Righetti was trained in Rome, in the studio of Luigi Valadier's (1726-1785). His bronze casts were so refined that Catherine the Great and Popes Pius VI and VII were among his patrons. In 1805, he took over from Valadier as head of the Vatican foundry. During the French Empire, some of Rome's most illustrious figures commissioned works from him, including Camillo Borghese and his wife Pauline Bonaparte, Napoleon's sister. As well as specialising in bronze statuettes, he was renowned for casting monumental sculptures such as the Napoleon I commissioned from Antonio Canova by Eugène de Beauharnais (Palazzo Brera, Milan).
The perfect translation into bronze of the Gladiator's anatomical perfection supports an attribution to Righetti. The high quality casting even captures the expression of terror on his face, as in the original model. The polychrome marble and gilt bronze base is also characteristic of Righetti's works. One of his centrepieces features three bronze reductions of classical Atlases, the base of which is applied with a candelabra between two griffins in gilt bronze, identical to the one on our base (Naples, Museo di Capodimonte; fig. 1).
Juan Truyols Rovira was a descendant of the Grand Master of the Order of Malta, Ramón Despuig I Martinez de Marcilla (1610-1741), and of Cardinal Antoni Despuig Dameto (1745-1813). He lived in Predio Morell, which had belonged to his family since the end of the 15th century. This Gladiator comes from his collection and was probably bought by his ancestor Cardinal Antonio Despuig Dameto. Despuig founded the Palma de Majorca school of art. He was a member of the Royal Academy of Fine Arts of San Fernando, rector of the University of Majorca and a keen patron of the arts.

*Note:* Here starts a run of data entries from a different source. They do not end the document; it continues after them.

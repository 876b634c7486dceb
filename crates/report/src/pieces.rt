//! Pieces of a line.
ghost use Rattle.std.specs.Prelude.{◌≡◌, ◌≢◌, ◌<◌, ◌+◌, ◌^◌, ◌++◌, ◌∷◌, ◌↔◌, ℕ, Bool, List, IsTrue, MatchOption};
ghost use Rattle.std.specs.List.{list_all};
ghost use Rattle.statement.specs.Netlists.{is_name_byte};
ghost use Rattle.statement.specs.Faults.{value_text};
ghost use Rattle.report.specs.Reports.{IsBenchWord};
ghost use Rattle.report.specs.inner.Faults.{slow_word};
ghost use Rattle.report.specs.inner.Lines.{bit_text};

/// What stands behind a word at the front.
pub fn behind<'a>(word: &[u8], text: &'a [u8]) -> Option<&'a [u8]>
    ensures { MatchOption result ((rest : List ℕ) → text.now ≢ word.now ++ rest) (λ rest. text.now ≡ word.now ++ rest.now) }
{
    text.strip_prefix(word)
}

/// What stands before a word at the end.
pub(crate) fn before<'a>(word: &[u8], text: &'a [u8]) -> Option<&'a [u8]>
    ensures { MatchOption result ((front : List ℕ) → text.now ≢ front ++ word.now) (λ front. text.now ≡ front.now ++ word.now) }
{
    text.strip_suffix(word)
}

fn is_name_byte(byte: u8) -> bool
    ensures { result ≡ is_name_byte byte }
{
    33 <= byte
        && byte <= 126
        && !(byte == b'"'
            || byte == b'\''
            || byte == b'#'
            || byte == b'('
            || byte == b')'
            || byte == b','
            || byte == b'=')
}

fn are_name_bytes(text: &[u8]) -> bool
    ensures { result ≡ list_all is_name_byte text.now }
{
    text.iter().all(|byte| is_name_byte(*byte))
}

/// Whether the text is a name, however long.
pub fn is_word(text: &[u8]) -> bool
    ensures { IsTrue result ↔ IsBenchWord text.now }
{
    if text.is_empty() {
        return false;
    }
    are_name_bytes(text)
}

/// What stands before the value that a line is stuck at.
pub(crate) fn before_value(text: &[u8]) -> Option<&[u8]>
    ensures { MatchOption result ((front : List ℕ) (value : Bool) → text.now ≢ front ++ value_text value) (λ front. (value : Bool) × (text.now ≡ front.now ++ value_text value)) }
{
    if let Some(front) = before(b"/0", text) {
        return Some(front);
    }
    before(b"/1", text)
}

/// What stands behind the word of a slow line at the front, and a blank.
pub(crate) fn behind_slow(text: &[u8]) -> Option<&[u8]>
    ensures { MatchOption result ((value : Bool) (rest : List ℕ) → text.now ≢ slow_word value ++ 32 ∷ rest) (λ rest. (value : Bool) × (text.now ≡ slow_word value ++ 32 ∷ rest.now)) }
{
    if let Some(rest) = behind(b"rise ", text) {
        return Some(rest);
    }
    behind(b"fall ", text)
}

/// What stands before the bit of a held input, and the bit.
pub(crate) fn before_bit(text: &[u8]) -> Option<(&[u8], bool)>
    ensures { MatchOption result ((front : List ℕ) (bit : Bool) → text.now ≢ front ++ bit_text bit) (λ p. text.now ≡ p.0.now ++ bit_text p.1) }
{
    if let Some(front) = before(b" 0", text) {
        return Some((front, false));
    }
    if let Some(front) = before(b" 1", text) {
        return Some((front, true));
    }
    None
}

From 1796 to 1797, Despuig was in Rome with Cardinal Francisco Antonio de Lorenzana y Burton, the King of Spain's emissary to Pius VI, who made him a cardinal. He later became Vicar General of His Holiness and was present when Pius VII was taken prisoner by Napoleon's troops on July 6th 1809. Despuig was placed under house arrest in Rome then exiled to Paris. When his health deteriorated, he was granted permission to return to Italy and settled in Lucca without ever seeing Majorca again. He was passionate about Antiquity and took advantage of his time in Rome to assemble a stunning collection of marbles and bronzes, which he kept in his palace in Raixa in Majorca, where he built a veritable museum. One part of his collection was bought in 1898 by the Ny Carlsberg Glyptotek in Copenhagen. Another part was sold in Paris by M. Paul Chevallier on 11th July 1900. The remaining part still belongs to the family.